The European orchids of the genus Ophrys exhibit some of the most remarkable pollination mechanisms found in any type of flower. The mirror orchid, Ophrys speculum, from the western Mediterranean provides a good example. The lip of the orchid flower is shining blue in colour with a yellow border fringed with red hairs. The flowers superficially resemble female wasps of Campsoscolia ciliata. The males of this species emerge some while before the females and are then attracted to the flowers by their scent and appearance. Male wasps alight on the flowers with the head below the rostel-lum and make repeated and vigorous attempts to copulate with the flowers. This activity nearly always dislodges the pollinia, which become attached to the insect’s head. Other Ophrys species attract the males of other insects in the same way and sometimes the scent of the orchid flower may be more attractive to the male insects than their own females.
In general orchids pollinated by bees have fragrant flowers with bright colours; those that attract moths are scented and light coloured with long tubular nectaries; butterfly-pollinated flowers are upright with fragrant colourful flowers; while bird-pollinated flowers are usually scentless. Orchids that attract flies often have dull brown or purple coloured flowers and produce odours that resemble decaying flesh.
Flowers that fail to attract any pollinators may resort to self-pollination. A mechanism in the flower ensures that the pollinia fall down into contact with the stigmatic surfaces, eg in the European bee orchid, Ophrys apifera. Species with small insignificant flowers such as the small white orchid, Leucorchis albida, are regularly self-pollinated in the bud with the pollen masses breaking up inside the flowers before they open.

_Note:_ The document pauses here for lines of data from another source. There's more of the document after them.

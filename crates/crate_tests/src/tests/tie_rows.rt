//! Sizes and ties, and the classes, offsets and sizes that they make, or the tie that contradicts and its two units.

ghost use Rattle.std.specs.Prelude.{◌≡◌, ◌<◌, ◌^◌, true, sum, All};
ghost use Rattle.ftn_base.specs.Storage.{IsWithin};

use crate::tests::fields::{halves, lists, numbers};
use equiv_class::{TieFault, classes};
use ftn_base::Tie;
use std::alloc::Global;

const TIES: &[u8] =
    b"/~//;0 2/~0 1/0 0/0 2;2 1/0 1 1 0~0 0/0 1/2;1 2/0 0 1 1~0 0/1 0/2;2 5/1 0 0 1~0 0/0 1/6;\
1 1 1 1/3 0 1 0 2 0 0 0~0 1 0 1/0 0 0 0/1 1;3 3 2/0 2 1 0 2 1 0 0 1 0 0 2 0 1 0 1~0 0 0/1 3 0/6;\
3 3/0 2 1 0 1 1 0 0~!1 3 0;3/0 1 0 1 0 2 0 1~!1 2 1;1 2 3/1 1 0 0 2 2 0 0 1 0 2 0 0 0 2 1~!2 1 0;\
2 2 2/0 0 1 1 2 0 1 0 2 1 0 0 2 0 0 0~!3 0 1;1 4 1 4/0 0 1 3 2 0 3 0 2 0 0 0 3 1 1 3~!3 4 3";

fn is_within(sizes: &[u32], tie: Tie) -> bool
    ensures { result ≡ true → IsWithin sizes.now tie }
{
    let (a, b) = (tie.a as usize, tie.b as usize);
    if a >= sizes.len() || b >= sizes.len() {
        return false;
    }
    tie.at_a < sizes[a] && tie.at_b < sizes[b]
}

fn are_within(sizes: &[u32], ties: &[Tie]) -> bool
    ensures { result ≡ true → All (IsWithin sizes.now) ties.now }
{
    for tie in ties {
        if !is_within(sizes, *tie) {
            return false;
        }
    }
    true
}

fn are_small(sizes: &[u32]) -> bool
    ensures { result ≡ true → sum sizes.now < 2 ^ 31 }
{
    let mut total: u64 = 0;
    for size in sizes {
        total += u64::from(*size);
        if total >= 2147483648 {
            return false;
        }
    }
    true
}

/// The ties of these numbers, four for each.
pub fn ties(alloc: Global, numbers: &[u32]) -> Option<Vec<Tie>> {
    let mut ties = Vec::new(alloc);
    for four in numbers.chunks_exact(4) {
        if let [a, at_a, b, at_b] = four {
            let (a, at_a, b, at_b) = (*a, *at_a, *b, *at_b);
            ties.push(Tie { a, at_a, b, at_b }).ok()?;
        }
    }
    Some(ties)
}

/// Whether these sizes and ties are answered by these lists.
fn answers(alloc: Global, sizes: &[u32], ties: &[Tie], wanted: &[u8]) -> Option<bool> {
    if sizes.len() >= 4294967296 || ties.len() >= 4294967296 {
        return None;
    }
    if !are_small(sizes) || !are_within(sizes, ties) {
        return None;
    }
    match (classes(alloc, sizes, ties), wanted) {
        (Err(TieFault::Conflict { tie, one, other }), [b'!', rest @ ..]) => {
            Some(numbers(alloc, rest)?.as_slice() == [tie, one, other].as_slice())
        }
        (Ok(made), _) => {
            let lists = lists(alloc, wanted)?;
            let [class, offset, size] = lists.as_slice() else {
                return None;
            };
            Some(made.class == *class && made.offset == *offset && made.size == *size)
        }
        _ => None,
    }
}

/// Whether the row's sizes and ties are answered as it says.
fn holds(alloc: Global, row: &[u8]) -> Option<bool> {
    let (asked, wanted) = halves(row)?;
    let lists = lists(alloc, asked)?;
    let [sizes, tied] = lists.as_slice() else {
        return None;
    };
    answers(alloc, sizes, &ties(alloc, tied)?, wanted)
}

#[test]
fn ties_are_solved_as_rows_say(rt: HostRuntime) {
    for row in TIES.split(|byte| *byte == b';') {
        assert!(rt; holds(rt.alloc(), row) == Some(true));
    }
}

Economic importance to man
Cultivated varieties of orchids may produce very spectacular sprays of beautifully coloured flowers. About 50 different genera are commonly cultivated such as the tropical American Cattleya species and the, Vanda and Dendrobium species of Southeast Asia.

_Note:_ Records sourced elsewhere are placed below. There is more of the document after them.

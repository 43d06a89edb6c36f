ghost use Rattle.std.specs.Prelude.{◌≡◌, ◌≢◌, ◌++◌, ℕ, List, IfOk, IfErr, OnOk, OnErr, Ok, take};
ghost use Rattle.std.specs.Prelude.{length};
ghost use Rattle.mc_bytes.specs.Reading.{Yields};
ghost use Rattle.mc_fields.specs.Row.{GivesPacket, id_read, packet_read, packet_of};
ghost use Rattle.mc_hello.specs.StatusUp.{rows, SpellsStatusUp, FitsStatusUp, spelling_of};
ghost use Rattle.mc_hello.specs.StatusUp.{append_of};

use mc_bytes::{Cursor, NoMemory};
use mc_fields::{PacketRead, RowFault, put_row, take_i64, take_varint, whole, write_varint};

/// A packet of a client that asks for the status.
#[derive(Clone, Copy, Debug, PartialEq, Eq)]
pub enum StatusUp {
    /// The client asks for the status.
    Request,
    /// The client asks for this number again.
    Ping(i64),
}

/// The fields of the packet with this id.
fn read_fields(cursor: &mut Cursor<'_>, id: i32) -> Result<StatusUp, RowFault>
    ensures { Yields (λ packet. (packet, cursor.new)) result (id_read rows id cursor.old) }
{
    match id {
        0 => Ok(StatusUp::Request),
        1 => Ok(StatusUp::Ping(take_i64(cursor)?)),
        _ => Err(RowFault::UnknownId(id)),
    }
}

/// The packet of a frame, or its first fault, with its place counted from the frame's end.
#[tactic(auto, unfolding(mc_fields::specs::Row::packet_read))]
fn packet_in(frame: &[u8]) -> Result<StatusUp, RowFault>
    ensures { Yields (λ packet. packet) result (packet_read rows frame.now) }
{
    let mut cursor = Cursor::new(frame);
    let id = take_varint(&mut cursor)?;
    let packet = read_fields(&mut cursor, id)?;
    whole(packet, &cursor)
}

/// Reads a packet, whose frame is the bytes after the frame's length. It takes no memory.
pub fn read_status_up(frame: &[u8]) -> Result<StatusUp, PacketRead>
    // What is read is spelled so.
    ensures found { IfOk result (λ packet. SpellsStatusUp packet frame.now) }
    // What is spelled so is read.
    ensures only { (packet : StatusUp) → SpellsStatusUp packet frame.now →
        GivesPacket result (Ok packet) }
    // A frame spells one packet at most.
    ensures one { (p q : StatusUp) → SpellsStatusUp p frame.now →
        SpellsStatusUp q frame.now → p ≡ q }
    // Which fault it is.
    ensures exact { GivesPacket result (packet_of frame.now (packet_read rows frame.now)) }
    // It never finds too little memory.
    ensures memory { IfErr result (λ error. error ≢ PacketRead.NoMemory) }
{
    packet_in(frame).map_err(|fault| PacketRead::Fault(fault.within(frame.len())))
}

/// The id and the fields of a packet; without memory some first part of them.
fn write_fields(packet: &StatusUp, out: &mut Vec<u8>) -> Result<(), NoMemory>
    requires { FitsStatusUp packet.now }
    ensures ok { OnOk result (out.new.items ≡ append_of packet.now out.old.items) }
    ensures begun { OnErr result (take (length out.old.items) out.new.items ≡ out.old.items) }
{
    match packet {
        StatusUp::Request => write_varint(0, out),
        StatusUp::Ping(number) => put_row(1, number, out),
    }
}

/// Appends a packet, with its VarInts the shortest. Without memory `out` is as before.
pub fn write_status_up(packet: &StatusUp, out: &mut Vec<u8>) -> Result<(), NoMemory>
    // It has a spelling.
    requires { (bytes : List ℕ) × SpellsStatusUp packet.now bytes }
    ensures ok { OnOk result (out.new.items ≡ out.old.items ++ spelling_of packet.now) }
    ensures spelled { SpellsStatusUp packet.now (spelling_of packet.now) }
    // What is written is read as the same packet.
    ensures again { packet_read rows (spelling_of packet.now) ≡ Ok packet.now }
    ensures err { OnErr result (out.new.items ≡ out.old.items) }
{
    let start = out.len();
    let written = write_fields(packet, out);
    if written.is_err() {
        out.truncate(start);
    }
    written
}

The only species of economic importance is the Mexican vanilla orchid, Vanilla plauifrons. This vinelike plant is grown in tropical countries which have a regular dry season such as Madagascar, the Seychelles and Reunion. The pods are picked and carefully cured by a process of slow drying and fermentation to bring out the full flavour which is imparted by crystals of vanillin that form in the tissues of the pod. The vanilla ‘beans’ are used intact for flavouring or for making vanilla essence.